Find the lines below that include the word "specs" and state how many there are, adding nothing.

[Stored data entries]
[Start of section]
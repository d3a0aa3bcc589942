//! The texts of values, joined.

ghost use Rattle.std.specs.Prelude.{◌≡◌, ◌≤◌, ◌++◌, IfErr, IfOk, OnOk};
ghost use Rattle.uq_value.specs.Faults.{TextFault};
ghost use Rattle.uq_value.specs.Size.{most_size, text_size};
ghost use Rattle.uq_json.specs.Text.{text_of as spec_text_of};
ghost use Rattle.jx9_meaning.specs.Expression.{joined as spec_joined};

use std::alloc::Global;
use uq_json::text_of;
use uq_value::{NoMemory, Text, Value, ValueFault};

/// The texts of the values, from the first on.
pub(crate) fn joined(alloc: Global, values: &[Value]) -> Result<Vec<u8>, NoMemory>
    ensures { IfOk result (λ text. text.items ≡ spec_joined values.now) }
{
    let mut text = Vec::new(alloc);
    for value in values {
        append(alloc, &mut text, value)?;
    }
    Ok(text)
}

/// Appends the text of the value.
pub(crate) fn append(alloc: Global, text: &mut Vec<u8>, value: &Value) -> Result<(), NoMemory>
    ensures { OnOk result (text.new.items ≡ text.old.items ++ spec_text_of value.now) }
{
    match value {
        Value::Text(bytes) => text.extend_from_slice(bytes.bytes())?,
        _ => text.extend_from_slice(text_of(alloc, value)?.as_slice())?,
    }
    Ok(())
}

/// The text of a value with that of another behind it, in place where the first is a text. It is `TooLarge` exactly
/// where the text would be.
pub(crate) fn extended(alloc: Global, left: Value, right: &Value) -> Result<Text, ValueFault>
    ensures ok { IfOk result (λ t. t ≡ spec_text_of left ++ spec_text_of right.now) }
    ensures fits { OnOk result (text_size (spec_text_of left ++ spec_text_of right.now) ≤ most_size) }
    ensures fault { IfErr result (TextFault (spec_text_of left ++ spec_text_of right.now)) }
{
    match left {
        Value::Text(text) => {
            let mut text = text;
            extend(alloc, &mut text, right)?;
            Ok(text)
        }
        other => {
            let mut text = text_of(alloc, &other)?;
            append(alloc, &mut text, right)?;
            Text::from_vec(alloc, text)
        }
    }
}

/// Puts the text of a value behind a text.
fn extend(alloc: Global, text: &mut Text, value: &Value) -> Result<(), ValueFault>
    ensures ok { OnOk result (text.new ≡ text.old ++ spec_text_of value.now) }
    ensures fits { OnOk result (text_size (text.old ++ spec_text_of value.now) ≤ most_size) }
    ensures fault { IfErr result (TextFault (text.old ++ spec_text_of value.now)) }
{
    match value {
        Value::Text(more) => text.append(more.bytes()),
        _ => text.append(text_of(alloc, value)?.as_slice()),
    }
}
[End of section]
◆ ANSWER SECTION: 5